# Brittany Ferries 1980s charter



## johno2449 (Jan 16, 2008)

I recently posted this query on another forum but have received a "nil" response. I crossed many times from Portsmouth to St Malo on the Prince of Brittany and Armorique between May 1984 and April 1986. At some time during that period a ferry was chartered, I think to cover the Armorique following some fire damage. The chartered ferry was from Yugoslavia.
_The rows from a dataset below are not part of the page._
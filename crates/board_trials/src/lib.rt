//! Trials of boards and of what they are made of, each compared with what was worked out by hand. It
//! stands above the crates that it tries, so that these are proved without tests.
#![tactic(auto)]

#[cfg(test)]
mod boards;
#[cfg(test)]
mod deciding;
#[cfg(test)]
mod ends;
#[cfg(test)]
mod exchanges;
#[cfg(test)]
mod helps;
#[cfg(test)]
mod meetings;
#[cfg(test)]
mod rows;
#[cfg(test)]
mod steps;
#[cfg(test)]
mod withdrawals;
#[cfg(test)]
mod words;
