//! Worked values of the layout.
ghost use Rattle.pc_words.specs.Statuses.{StatusInRange};
ghost use Rattle.pc_words.specs.Words.{IsWord};

use pc_words::{Stage, Status, WordKind, exchange_ref, install_ref, kind_of, pack, plain, unpack};

// Whether a word that was packed is this number, and is told again.
fn is_stored(word: u64, number: u64, kind: WordKind) -> bool
    requires { IsWord word }
{
    word == number && kind_of(word) == kind
}

// Whether a status is packed to this number, and is told again.
fn is_packed(number: u64, stage: Stage, word: u64) -> bool
    requires { StatusInRange (record { number = number; stage = stage }) }
{
    let status = Status { number, stage };
    let packed = pack(status);
    packed == word && unpack(packed) == status
}

#[test]
fn words_of_nodes_are_stored_as_described(rt: HostRuntime) {
    let rows = [
        is_stored(plain(50), 200, WordKind::Plain(50)),
        // The key of the sentinel.
        is_stored(
            plain(4611686018427387903),
            18446744073709551612,
            WordKind::Plain(4611686018427387903),
        ),
        is_stored(
            exchange_ref(3, 7),
            7182,
            WordKind::Exchange { seat: 3, number: 7 },
        ),
        is_stored(
            install_ref(1, 5),
            5125,
            WordKind::Install { seat: 1, number: 5 },
        ),
    ];
    assert_eq!(rt; rows, [true; 4]);
}

#[test]
fn statuses_are_stored_as_described(rt: HostRuntime) {
    let rows = [
        is_packed(0, Stage::Idle, 0),
        is_packed(7, Stage::Undecided, 29),
        is_packed(7, Stage::Succeeded { stamp: 9 }, 9663676446),
        is_packed(7, Stage::Withdrawn, 31),
        is_packed(1, Stage::Changed { node: 5 }, 10737418247),
        is_packed(1, Stage::Locked { node: 5, seat: 2 }, 281486787870727),
    ];
    assert_eq!(rt; rows, [true; 6]);
}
Does anyone recall the name of the chartered ferry, please?


----------



## wigger (Sep 25, 2005)

Hi John, my first thoughts were the Benodet, Viking 1 or the Gotland (I think she may have been later though) Anyway, thought this link might be useful? http://www.faktaomfartyg.se/brittany_ferries.htm

Kind regards
Craig


----------



## johno2449 (Jan 16, 2008)

Thanks, I'll have a look at these properly. On scrolling through, I certainly remember the Benodet. There was definitely a Yugoslav connection to the ferry I crossed with.


----------



## iain789 (Oct 12, 2005)

*Possibly the Tregastel*

Could have been the Tregastel which was chartered from Jugoslavia before her purchase by Brittany Ferries.

http://www.simplonpc.co.uk/Travemunde1971.html


----------



## johno2449 (Jan 16, 2008)

Thanks Iain. My money is on the Tregastel, from the photo in the attachment. The interior of the ship was very basic and not up to Brittany Ferries' normal spec.


----------